------ RECORDED DATA ------

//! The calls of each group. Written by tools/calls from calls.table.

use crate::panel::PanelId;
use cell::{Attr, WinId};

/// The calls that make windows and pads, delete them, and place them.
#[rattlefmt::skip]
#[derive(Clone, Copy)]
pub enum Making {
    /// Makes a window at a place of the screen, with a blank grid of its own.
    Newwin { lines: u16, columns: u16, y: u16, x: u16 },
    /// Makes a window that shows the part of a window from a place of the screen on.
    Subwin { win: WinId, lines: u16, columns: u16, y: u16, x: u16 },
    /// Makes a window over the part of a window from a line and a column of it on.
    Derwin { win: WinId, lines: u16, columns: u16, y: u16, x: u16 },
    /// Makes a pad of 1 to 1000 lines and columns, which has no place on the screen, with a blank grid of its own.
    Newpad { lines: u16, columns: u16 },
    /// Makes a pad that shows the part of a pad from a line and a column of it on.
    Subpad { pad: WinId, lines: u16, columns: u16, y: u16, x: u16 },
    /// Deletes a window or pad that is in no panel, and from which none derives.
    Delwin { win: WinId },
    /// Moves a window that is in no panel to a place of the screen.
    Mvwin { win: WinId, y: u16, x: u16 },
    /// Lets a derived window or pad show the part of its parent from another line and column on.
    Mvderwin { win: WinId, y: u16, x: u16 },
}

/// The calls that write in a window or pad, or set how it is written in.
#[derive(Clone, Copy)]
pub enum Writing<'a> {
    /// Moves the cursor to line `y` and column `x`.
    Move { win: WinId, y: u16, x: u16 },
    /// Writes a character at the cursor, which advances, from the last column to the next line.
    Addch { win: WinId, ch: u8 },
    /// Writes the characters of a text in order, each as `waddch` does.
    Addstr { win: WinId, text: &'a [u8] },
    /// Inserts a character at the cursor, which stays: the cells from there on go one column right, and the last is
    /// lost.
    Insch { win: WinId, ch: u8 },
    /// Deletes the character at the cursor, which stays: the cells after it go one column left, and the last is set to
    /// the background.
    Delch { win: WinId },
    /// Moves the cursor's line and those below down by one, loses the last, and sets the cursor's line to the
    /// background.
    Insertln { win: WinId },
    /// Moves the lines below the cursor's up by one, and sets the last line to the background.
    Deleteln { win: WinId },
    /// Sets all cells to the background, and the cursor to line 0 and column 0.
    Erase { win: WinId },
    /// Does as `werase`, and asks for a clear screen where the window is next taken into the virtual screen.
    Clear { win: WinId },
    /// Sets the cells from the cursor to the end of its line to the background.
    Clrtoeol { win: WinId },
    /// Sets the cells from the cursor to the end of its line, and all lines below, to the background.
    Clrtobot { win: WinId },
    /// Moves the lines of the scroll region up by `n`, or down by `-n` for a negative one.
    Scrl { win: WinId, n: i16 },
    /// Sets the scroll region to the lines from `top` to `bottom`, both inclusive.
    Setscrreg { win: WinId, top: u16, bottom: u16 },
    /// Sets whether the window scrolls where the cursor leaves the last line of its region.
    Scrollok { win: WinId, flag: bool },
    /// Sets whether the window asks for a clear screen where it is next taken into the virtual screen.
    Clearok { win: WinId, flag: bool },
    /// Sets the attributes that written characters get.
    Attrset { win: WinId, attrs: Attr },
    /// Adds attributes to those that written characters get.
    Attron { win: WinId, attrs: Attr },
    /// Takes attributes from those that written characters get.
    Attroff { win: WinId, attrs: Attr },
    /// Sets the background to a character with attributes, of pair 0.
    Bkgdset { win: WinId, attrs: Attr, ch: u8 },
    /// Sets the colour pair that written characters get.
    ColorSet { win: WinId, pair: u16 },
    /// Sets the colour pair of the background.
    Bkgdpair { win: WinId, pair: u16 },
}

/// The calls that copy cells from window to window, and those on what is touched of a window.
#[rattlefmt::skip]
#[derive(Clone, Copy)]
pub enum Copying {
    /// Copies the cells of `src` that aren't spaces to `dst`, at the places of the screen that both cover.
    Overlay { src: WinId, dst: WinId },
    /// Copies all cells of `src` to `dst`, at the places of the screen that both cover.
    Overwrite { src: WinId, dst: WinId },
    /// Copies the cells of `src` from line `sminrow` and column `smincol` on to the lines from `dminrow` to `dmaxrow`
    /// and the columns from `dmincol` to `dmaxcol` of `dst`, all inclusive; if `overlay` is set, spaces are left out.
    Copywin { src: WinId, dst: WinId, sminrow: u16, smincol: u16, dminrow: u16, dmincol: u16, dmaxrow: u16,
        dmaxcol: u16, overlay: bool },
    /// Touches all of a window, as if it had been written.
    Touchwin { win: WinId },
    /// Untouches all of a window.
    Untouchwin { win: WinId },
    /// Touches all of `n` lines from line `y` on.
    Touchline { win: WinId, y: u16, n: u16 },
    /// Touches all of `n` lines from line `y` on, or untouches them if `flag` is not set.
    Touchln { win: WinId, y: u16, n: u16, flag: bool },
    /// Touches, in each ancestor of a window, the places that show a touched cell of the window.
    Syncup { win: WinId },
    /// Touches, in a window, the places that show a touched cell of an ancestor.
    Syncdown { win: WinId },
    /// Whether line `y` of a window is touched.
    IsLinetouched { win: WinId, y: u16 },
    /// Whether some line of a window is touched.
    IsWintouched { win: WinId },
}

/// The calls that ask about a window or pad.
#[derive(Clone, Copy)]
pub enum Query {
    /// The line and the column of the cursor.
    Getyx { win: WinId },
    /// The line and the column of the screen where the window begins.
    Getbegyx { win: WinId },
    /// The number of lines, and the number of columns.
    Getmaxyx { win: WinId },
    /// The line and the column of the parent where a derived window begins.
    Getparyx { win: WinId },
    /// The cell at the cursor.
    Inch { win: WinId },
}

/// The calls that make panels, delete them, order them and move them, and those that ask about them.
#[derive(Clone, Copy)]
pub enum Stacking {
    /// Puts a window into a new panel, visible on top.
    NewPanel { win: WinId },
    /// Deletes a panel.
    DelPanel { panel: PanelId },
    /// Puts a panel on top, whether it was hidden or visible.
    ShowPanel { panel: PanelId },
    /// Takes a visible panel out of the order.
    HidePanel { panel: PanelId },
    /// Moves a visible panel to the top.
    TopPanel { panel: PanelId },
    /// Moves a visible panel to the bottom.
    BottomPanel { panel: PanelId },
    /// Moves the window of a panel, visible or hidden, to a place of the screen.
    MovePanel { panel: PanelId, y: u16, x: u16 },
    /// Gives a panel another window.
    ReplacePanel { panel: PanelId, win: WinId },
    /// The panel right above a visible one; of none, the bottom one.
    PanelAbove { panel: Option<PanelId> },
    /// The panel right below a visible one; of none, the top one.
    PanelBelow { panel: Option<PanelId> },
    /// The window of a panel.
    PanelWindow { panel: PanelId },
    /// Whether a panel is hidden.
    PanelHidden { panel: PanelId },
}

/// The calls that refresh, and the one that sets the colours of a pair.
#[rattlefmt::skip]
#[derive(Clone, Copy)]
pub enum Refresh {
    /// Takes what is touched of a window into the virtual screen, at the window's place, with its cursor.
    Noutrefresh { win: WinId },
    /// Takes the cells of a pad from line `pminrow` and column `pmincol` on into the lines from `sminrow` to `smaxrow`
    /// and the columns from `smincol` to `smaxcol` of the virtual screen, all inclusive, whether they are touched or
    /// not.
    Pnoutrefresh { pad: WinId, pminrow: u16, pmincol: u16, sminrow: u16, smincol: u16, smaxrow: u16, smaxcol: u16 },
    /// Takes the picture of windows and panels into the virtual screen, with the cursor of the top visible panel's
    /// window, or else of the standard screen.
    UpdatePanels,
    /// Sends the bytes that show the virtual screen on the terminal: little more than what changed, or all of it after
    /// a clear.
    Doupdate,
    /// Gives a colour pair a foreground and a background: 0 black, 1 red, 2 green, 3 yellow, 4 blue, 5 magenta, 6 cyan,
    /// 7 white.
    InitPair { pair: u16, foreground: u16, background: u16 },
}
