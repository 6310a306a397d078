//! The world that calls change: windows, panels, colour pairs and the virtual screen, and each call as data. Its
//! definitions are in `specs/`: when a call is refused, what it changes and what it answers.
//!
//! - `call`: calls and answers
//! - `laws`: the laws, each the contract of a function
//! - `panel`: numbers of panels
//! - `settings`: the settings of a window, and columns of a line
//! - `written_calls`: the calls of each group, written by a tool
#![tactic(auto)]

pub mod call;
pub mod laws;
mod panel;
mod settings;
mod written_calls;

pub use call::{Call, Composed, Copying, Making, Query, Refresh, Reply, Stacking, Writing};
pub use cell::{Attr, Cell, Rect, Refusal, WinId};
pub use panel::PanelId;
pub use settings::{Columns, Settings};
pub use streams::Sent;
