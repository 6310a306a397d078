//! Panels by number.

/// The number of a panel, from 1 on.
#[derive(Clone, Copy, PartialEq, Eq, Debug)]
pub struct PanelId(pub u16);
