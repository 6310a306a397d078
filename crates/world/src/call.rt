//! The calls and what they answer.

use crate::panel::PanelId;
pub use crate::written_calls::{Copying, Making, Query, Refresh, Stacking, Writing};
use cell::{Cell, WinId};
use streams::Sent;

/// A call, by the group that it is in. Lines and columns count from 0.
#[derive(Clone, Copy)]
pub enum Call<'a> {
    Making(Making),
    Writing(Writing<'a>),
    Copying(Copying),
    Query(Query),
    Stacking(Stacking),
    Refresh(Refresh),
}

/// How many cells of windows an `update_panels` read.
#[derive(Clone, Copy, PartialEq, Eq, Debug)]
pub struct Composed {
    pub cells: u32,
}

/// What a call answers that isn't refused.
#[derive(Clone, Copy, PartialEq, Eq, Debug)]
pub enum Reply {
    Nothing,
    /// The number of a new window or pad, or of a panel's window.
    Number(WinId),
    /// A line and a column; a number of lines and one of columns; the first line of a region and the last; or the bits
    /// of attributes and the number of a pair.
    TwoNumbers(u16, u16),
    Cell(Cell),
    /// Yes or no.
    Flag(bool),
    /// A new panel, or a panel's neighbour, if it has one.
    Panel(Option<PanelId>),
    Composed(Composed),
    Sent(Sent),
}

------
------ RECORDED DATA ------

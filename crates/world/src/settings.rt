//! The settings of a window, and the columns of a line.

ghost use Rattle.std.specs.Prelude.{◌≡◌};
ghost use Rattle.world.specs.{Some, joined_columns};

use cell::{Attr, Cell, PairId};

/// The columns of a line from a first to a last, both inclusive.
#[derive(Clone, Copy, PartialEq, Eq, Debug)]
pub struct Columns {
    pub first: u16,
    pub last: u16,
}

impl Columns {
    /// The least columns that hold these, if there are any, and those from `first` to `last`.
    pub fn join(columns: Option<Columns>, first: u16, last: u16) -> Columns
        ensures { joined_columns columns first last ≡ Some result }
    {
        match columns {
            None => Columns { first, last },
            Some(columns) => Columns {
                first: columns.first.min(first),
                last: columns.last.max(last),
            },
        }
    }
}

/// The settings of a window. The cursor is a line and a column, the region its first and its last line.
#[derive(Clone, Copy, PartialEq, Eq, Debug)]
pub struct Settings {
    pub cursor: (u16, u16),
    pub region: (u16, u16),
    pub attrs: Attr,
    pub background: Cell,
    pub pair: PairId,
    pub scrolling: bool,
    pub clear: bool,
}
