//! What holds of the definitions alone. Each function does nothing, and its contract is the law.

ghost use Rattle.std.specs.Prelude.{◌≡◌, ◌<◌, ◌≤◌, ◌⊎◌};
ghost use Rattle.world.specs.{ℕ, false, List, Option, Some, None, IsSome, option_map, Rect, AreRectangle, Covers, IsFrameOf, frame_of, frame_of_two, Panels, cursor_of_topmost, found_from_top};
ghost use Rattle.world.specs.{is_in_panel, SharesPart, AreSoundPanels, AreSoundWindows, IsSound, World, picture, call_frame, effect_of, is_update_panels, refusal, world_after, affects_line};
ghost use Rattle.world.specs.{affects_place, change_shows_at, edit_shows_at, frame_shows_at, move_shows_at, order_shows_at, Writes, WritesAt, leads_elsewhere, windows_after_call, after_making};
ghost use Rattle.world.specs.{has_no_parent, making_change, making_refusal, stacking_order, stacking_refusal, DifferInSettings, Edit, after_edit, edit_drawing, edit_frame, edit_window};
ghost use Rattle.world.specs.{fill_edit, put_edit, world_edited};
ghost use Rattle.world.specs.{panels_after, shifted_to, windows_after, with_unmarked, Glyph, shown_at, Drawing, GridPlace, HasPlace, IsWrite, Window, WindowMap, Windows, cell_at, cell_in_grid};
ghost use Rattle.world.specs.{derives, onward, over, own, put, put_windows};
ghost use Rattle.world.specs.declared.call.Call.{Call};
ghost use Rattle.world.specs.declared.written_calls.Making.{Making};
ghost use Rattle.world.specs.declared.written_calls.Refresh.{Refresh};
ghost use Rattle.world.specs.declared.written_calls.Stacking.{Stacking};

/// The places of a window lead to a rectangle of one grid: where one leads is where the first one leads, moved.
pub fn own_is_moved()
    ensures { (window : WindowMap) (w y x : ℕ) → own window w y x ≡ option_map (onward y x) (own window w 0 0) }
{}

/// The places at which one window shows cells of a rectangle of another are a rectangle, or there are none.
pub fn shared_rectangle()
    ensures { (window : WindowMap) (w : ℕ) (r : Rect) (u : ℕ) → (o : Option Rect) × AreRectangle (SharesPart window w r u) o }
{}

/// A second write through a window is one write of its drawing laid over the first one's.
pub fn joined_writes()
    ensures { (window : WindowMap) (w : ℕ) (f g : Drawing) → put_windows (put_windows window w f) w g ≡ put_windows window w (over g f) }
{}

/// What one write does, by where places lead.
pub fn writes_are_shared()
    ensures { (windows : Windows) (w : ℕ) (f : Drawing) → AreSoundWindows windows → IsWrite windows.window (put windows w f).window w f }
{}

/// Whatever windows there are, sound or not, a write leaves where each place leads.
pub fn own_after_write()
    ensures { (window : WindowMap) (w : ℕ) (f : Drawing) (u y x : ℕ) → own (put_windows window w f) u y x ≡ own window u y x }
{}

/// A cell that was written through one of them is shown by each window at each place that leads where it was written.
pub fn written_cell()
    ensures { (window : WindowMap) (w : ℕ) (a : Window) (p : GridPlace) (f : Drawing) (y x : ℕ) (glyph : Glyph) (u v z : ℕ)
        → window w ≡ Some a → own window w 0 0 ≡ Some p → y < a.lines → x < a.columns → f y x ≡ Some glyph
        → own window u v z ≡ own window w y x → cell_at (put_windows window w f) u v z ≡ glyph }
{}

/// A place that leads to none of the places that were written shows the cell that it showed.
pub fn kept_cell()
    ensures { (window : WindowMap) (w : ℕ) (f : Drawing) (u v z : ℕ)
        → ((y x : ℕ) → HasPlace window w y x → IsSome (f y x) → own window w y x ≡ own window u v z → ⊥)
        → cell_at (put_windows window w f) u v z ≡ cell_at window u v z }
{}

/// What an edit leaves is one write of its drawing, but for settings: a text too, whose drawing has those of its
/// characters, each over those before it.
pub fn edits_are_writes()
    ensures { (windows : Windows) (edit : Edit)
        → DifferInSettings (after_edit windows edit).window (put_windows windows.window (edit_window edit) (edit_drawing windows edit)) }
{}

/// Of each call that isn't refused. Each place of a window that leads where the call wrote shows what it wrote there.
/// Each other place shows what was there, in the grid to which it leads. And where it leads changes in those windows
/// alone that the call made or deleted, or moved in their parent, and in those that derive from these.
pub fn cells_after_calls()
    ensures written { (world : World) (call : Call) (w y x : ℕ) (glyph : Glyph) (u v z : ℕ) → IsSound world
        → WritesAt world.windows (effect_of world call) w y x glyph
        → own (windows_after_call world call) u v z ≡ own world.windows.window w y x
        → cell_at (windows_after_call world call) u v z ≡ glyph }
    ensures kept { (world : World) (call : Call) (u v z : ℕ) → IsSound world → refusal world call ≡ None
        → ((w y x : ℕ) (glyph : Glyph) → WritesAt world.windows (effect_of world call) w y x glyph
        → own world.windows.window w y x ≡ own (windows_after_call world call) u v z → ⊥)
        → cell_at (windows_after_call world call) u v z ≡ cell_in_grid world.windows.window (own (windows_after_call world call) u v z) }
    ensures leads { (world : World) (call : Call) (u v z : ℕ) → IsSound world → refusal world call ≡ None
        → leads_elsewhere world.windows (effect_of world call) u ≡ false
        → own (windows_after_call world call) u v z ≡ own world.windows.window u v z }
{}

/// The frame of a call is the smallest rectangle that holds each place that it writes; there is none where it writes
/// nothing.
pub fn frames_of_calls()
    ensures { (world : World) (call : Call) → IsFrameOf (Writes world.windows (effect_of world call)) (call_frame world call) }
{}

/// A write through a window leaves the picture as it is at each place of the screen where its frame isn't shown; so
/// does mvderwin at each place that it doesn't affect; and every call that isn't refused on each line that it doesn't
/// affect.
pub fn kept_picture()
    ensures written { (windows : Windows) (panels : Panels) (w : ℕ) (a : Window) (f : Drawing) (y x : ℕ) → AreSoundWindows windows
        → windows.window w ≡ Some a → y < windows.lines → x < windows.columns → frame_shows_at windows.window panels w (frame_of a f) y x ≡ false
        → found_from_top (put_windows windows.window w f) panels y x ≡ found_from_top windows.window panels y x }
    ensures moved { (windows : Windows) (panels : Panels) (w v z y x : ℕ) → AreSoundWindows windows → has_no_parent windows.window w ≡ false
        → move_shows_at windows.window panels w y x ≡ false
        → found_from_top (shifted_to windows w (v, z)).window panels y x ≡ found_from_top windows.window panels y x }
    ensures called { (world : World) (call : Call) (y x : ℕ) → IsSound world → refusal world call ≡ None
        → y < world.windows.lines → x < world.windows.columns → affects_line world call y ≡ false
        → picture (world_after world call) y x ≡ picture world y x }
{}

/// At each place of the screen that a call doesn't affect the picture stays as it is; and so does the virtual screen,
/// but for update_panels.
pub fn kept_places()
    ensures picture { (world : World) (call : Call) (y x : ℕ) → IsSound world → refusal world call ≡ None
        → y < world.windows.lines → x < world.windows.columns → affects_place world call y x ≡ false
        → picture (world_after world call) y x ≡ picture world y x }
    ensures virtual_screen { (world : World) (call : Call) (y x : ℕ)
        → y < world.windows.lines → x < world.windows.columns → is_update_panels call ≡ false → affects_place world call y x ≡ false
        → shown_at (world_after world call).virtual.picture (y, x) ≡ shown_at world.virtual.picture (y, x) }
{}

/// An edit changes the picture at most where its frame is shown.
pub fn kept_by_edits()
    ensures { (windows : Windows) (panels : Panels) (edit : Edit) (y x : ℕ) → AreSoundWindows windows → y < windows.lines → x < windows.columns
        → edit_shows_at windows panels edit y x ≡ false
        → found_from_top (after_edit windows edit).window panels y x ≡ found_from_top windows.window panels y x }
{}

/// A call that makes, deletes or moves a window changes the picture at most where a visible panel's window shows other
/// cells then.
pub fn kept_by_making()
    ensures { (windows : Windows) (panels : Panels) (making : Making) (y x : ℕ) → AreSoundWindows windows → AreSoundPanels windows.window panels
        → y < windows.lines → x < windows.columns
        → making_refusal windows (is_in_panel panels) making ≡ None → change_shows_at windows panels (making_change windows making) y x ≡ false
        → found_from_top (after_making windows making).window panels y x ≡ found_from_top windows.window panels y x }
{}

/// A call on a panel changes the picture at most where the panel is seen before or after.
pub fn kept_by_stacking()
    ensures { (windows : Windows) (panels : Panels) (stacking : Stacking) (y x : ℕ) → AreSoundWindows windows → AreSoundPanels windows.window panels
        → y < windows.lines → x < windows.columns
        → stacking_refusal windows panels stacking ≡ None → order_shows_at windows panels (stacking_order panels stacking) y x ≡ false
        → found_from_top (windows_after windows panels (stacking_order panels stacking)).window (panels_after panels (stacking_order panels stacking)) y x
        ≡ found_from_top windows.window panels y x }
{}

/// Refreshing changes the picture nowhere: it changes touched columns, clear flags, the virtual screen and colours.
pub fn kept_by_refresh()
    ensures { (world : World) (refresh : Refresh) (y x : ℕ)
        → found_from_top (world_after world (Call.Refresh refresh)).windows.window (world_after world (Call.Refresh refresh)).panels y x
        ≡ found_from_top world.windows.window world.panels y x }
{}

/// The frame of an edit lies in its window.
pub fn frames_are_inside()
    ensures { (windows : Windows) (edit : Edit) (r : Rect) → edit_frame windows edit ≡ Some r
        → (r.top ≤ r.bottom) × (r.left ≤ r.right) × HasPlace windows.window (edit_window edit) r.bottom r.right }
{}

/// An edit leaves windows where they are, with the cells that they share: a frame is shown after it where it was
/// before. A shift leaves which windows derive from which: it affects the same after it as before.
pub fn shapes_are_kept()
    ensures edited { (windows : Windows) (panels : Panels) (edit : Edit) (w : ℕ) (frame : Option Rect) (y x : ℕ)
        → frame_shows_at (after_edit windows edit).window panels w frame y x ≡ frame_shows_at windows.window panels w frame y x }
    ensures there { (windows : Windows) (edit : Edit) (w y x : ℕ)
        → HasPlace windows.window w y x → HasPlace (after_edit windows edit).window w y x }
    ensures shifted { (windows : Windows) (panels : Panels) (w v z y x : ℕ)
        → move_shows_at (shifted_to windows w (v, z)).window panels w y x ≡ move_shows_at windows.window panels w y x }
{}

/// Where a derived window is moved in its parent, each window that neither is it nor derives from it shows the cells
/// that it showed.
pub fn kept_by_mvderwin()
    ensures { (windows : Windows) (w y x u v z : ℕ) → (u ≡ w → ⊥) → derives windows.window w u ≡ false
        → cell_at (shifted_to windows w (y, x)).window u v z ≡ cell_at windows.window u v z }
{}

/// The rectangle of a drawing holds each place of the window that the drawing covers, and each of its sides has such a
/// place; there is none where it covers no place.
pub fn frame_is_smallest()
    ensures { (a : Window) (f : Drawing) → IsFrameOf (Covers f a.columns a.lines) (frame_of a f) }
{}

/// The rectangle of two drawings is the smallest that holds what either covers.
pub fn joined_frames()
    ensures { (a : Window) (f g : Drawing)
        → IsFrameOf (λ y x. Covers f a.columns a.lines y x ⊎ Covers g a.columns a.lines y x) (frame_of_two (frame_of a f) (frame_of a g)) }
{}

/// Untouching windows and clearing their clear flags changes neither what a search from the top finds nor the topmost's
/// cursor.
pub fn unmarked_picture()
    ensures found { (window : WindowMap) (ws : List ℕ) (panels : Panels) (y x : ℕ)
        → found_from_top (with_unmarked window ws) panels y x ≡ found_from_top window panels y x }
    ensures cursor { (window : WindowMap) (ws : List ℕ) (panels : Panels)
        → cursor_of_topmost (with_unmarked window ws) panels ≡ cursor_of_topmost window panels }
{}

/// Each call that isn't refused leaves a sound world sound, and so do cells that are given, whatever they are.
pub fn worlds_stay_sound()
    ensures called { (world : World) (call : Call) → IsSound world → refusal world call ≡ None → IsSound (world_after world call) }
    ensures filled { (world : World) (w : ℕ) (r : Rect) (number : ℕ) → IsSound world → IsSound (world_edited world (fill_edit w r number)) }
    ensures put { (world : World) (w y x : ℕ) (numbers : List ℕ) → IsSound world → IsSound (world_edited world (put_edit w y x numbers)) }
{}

------
------ RECORDED DATA ------

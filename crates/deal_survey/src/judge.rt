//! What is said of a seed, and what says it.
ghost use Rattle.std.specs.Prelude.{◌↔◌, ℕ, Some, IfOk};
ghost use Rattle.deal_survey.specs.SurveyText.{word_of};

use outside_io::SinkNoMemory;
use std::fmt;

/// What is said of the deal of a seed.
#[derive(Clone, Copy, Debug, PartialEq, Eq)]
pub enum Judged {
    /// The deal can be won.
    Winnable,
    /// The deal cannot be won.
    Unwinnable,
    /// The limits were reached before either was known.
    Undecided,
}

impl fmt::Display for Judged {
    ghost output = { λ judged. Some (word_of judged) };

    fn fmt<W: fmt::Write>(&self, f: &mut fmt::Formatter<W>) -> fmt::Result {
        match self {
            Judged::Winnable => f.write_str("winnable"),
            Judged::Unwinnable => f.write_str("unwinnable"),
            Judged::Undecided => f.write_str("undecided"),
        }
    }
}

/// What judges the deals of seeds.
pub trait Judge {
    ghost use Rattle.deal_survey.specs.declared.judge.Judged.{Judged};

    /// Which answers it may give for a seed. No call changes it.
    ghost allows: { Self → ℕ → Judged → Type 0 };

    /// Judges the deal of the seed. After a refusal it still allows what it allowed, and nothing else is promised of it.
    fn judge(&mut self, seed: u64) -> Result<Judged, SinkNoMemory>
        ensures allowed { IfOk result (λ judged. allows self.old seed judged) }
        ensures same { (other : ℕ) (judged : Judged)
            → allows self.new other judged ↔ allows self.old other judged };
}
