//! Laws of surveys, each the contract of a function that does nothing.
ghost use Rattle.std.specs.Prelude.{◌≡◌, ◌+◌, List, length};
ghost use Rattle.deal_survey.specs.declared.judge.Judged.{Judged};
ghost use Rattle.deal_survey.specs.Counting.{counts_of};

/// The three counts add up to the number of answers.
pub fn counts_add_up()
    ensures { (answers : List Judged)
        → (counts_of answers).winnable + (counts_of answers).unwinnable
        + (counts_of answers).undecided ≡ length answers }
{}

------

_WHAT YOU ARE ASKED TO DO_
Since only part of the listing is wanted, copy exactly the lines from the one holding "tools/calls from calls.table." to the one holding "pub enum Making", both included.

_ANSWER TO THIS EXERCISE_
//! The calls of each group. Written by tools/calls from calls.table.

use crate::panel::PanelId;
use cell::{Attr, WinId};

/// The calls that make windows and pads, delete them, and place them.
#[rattlefmt::skip]
#[derive(Clone, Copy)]
pub enum Making {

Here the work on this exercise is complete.